[Saved entries]

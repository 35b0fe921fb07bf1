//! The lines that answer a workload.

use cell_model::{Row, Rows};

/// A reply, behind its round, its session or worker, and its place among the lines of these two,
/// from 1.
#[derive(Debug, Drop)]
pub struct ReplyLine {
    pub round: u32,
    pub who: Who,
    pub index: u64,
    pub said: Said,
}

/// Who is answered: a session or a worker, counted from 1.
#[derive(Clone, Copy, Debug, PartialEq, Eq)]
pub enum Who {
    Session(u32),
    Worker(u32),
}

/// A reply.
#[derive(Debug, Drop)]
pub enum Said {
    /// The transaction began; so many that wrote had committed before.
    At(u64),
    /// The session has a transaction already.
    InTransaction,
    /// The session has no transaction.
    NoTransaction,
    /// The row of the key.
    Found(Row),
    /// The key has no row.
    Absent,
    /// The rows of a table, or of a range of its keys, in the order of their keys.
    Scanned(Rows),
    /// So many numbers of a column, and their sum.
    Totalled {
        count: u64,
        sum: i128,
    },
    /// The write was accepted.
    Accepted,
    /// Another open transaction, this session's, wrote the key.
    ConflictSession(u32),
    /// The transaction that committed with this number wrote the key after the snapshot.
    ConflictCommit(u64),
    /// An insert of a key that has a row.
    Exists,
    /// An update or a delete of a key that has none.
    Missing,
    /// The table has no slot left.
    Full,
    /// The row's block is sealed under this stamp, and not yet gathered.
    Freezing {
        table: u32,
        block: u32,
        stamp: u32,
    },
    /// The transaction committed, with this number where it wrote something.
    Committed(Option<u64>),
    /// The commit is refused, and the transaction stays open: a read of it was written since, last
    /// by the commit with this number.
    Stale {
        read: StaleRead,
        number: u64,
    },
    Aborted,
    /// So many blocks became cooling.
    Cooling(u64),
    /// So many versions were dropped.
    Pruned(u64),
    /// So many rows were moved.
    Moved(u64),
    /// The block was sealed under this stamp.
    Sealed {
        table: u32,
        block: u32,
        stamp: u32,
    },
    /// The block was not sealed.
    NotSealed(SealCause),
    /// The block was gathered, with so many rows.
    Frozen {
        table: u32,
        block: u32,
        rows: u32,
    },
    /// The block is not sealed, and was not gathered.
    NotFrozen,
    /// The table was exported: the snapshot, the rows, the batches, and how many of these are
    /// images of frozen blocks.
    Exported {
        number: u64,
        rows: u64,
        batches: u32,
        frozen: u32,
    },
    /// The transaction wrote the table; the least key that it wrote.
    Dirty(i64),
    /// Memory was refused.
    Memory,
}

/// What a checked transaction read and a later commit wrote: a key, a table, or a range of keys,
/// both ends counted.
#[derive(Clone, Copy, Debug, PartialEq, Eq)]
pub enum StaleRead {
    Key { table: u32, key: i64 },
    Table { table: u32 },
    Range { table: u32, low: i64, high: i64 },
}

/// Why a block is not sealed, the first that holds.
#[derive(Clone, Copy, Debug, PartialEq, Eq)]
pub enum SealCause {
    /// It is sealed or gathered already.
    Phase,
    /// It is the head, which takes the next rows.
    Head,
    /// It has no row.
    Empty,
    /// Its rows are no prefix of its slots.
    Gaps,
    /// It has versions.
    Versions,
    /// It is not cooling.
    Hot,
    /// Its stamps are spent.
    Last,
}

---

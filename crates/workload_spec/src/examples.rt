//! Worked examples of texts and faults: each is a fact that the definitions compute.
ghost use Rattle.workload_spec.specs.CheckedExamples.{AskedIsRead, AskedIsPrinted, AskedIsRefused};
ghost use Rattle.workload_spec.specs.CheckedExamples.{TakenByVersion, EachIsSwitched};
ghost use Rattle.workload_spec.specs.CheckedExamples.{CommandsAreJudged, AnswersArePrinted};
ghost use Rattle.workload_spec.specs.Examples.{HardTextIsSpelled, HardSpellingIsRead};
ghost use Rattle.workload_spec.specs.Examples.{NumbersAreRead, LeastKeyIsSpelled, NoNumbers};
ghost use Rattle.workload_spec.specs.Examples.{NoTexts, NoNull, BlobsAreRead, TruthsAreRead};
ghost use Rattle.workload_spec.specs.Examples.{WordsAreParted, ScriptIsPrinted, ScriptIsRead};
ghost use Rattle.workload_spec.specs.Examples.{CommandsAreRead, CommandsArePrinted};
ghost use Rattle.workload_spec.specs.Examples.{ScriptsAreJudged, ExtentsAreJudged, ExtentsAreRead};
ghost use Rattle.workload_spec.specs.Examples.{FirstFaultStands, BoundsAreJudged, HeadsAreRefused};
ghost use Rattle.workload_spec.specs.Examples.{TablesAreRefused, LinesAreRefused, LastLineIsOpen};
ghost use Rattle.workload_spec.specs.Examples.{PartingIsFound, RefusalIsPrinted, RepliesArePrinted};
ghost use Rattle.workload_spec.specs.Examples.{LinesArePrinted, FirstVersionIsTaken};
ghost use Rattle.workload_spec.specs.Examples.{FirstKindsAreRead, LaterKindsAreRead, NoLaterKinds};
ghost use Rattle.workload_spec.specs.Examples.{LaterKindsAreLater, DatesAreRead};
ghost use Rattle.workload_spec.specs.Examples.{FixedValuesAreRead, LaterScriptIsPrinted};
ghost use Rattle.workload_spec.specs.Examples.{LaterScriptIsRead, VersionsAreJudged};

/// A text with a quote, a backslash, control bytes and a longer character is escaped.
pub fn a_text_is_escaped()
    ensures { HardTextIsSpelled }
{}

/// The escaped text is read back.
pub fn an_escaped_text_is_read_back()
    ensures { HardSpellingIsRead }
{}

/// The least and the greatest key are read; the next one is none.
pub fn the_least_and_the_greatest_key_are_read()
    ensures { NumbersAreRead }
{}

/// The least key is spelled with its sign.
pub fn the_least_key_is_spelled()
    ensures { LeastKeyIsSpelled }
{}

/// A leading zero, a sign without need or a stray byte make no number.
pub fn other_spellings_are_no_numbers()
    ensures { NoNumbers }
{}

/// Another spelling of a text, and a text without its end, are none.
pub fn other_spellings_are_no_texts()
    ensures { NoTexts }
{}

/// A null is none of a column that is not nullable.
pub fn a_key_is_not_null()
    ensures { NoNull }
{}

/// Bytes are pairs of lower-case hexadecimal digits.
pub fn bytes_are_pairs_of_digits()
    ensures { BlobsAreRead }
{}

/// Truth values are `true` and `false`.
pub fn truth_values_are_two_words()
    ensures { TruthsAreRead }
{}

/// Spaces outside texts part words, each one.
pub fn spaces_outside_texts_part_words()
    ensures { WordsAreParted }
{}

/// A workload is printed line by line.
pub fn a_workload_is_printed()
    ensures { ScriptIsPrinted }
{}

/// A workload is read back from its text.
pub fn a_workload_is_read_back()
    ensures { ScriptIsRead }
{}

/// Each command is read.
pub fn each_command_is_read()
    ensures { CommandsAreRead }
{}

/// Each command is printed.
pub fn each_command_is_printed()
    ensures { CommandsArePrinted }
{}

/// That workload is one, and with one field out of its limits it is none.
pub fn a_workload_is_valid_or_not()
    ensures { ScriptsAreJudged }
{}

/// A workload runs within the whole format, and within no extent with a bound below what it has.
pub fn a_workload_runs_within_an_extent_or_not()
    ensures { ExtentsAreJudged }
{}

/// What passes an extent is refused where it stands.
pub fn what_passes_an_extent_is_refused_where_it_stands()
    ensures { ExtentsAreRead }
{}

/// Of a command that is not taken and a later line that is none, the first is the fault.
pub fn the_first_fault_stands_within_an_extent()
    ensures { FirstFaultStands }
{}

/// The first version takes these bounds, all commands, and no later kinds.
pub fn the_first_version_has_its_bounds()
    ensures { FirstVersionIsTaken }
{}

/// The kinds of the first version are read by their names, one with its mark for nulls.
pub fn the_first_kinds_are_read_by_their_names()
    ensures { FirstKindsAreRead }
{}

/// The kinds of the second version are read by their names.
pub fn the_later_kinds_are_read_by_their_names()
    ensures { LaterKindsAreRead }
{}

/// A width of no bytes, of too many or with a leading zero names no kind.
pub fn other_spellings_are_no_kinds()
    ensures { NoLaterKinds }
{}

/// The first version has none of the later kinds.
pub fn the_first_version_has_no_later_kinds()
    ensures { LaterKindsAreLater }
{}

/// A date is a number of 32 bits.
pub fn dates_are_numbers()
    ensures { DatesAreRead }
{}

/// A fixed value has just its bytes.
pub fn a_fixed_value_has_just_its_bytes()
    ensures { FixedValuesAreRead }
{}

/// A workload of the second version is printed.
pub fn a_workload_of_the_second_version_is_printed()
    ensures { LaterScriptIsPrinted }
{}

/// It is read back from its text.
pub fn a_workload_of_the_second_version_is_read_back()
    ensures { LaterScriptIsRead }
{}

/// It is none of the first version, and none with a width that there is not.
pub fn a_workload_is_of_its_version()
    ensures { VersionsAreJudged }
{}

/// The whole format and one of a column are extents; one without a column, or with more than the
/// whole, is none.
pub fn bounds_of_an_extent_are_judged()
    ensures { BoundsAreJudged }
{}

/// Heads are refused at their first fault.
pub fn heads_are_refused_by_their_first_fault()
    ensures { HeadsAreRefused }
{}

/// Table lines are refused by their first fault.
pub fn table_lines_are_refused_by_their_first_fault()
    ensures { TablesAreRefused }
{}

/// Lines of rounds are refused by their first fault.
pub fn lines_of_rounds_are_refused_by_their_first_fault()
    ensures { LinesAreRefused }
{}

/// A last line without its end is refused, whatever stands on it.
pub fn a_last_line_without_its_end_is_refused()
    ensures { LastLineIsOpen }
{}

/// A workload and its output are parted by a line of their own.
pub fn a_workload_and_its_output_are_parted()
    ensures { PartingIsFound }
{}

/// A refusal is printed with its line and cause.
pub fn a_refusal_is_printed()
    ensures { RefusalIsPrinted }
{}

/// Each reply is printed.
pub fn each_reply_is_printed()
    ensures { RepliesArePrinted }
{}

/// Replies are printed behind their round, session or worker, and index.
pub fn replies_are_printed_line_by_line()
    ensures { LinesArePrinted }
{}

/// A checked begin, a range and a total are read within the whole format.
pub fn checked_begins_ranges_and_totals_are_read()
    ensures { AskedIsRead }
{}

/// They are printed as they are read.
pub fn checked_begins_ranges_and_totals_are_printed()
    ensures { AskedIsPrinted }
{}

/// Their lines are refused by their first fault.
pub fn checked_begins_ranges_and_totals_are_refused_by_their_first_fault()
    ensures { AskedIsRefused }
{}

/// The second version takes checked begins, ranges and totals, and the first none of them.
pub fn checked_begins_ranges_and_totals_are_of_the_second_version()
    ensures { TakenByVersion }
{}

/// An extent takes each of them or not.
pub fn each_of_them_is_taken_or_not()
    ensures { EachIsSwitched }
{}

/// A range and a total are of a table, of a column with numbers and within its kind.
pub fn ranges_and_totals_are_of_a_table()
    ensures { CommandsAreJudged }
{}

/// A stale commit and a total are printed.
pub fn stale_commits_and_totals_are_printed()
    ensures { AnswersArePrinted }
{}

* EXERCISE BRIEF: Pull every line with "under" from the records.

* REPLY TO THE TASK:
    /// The row's block is sealed under this stamp, and not yet gathered.
    /// The block was sealed under this stamp.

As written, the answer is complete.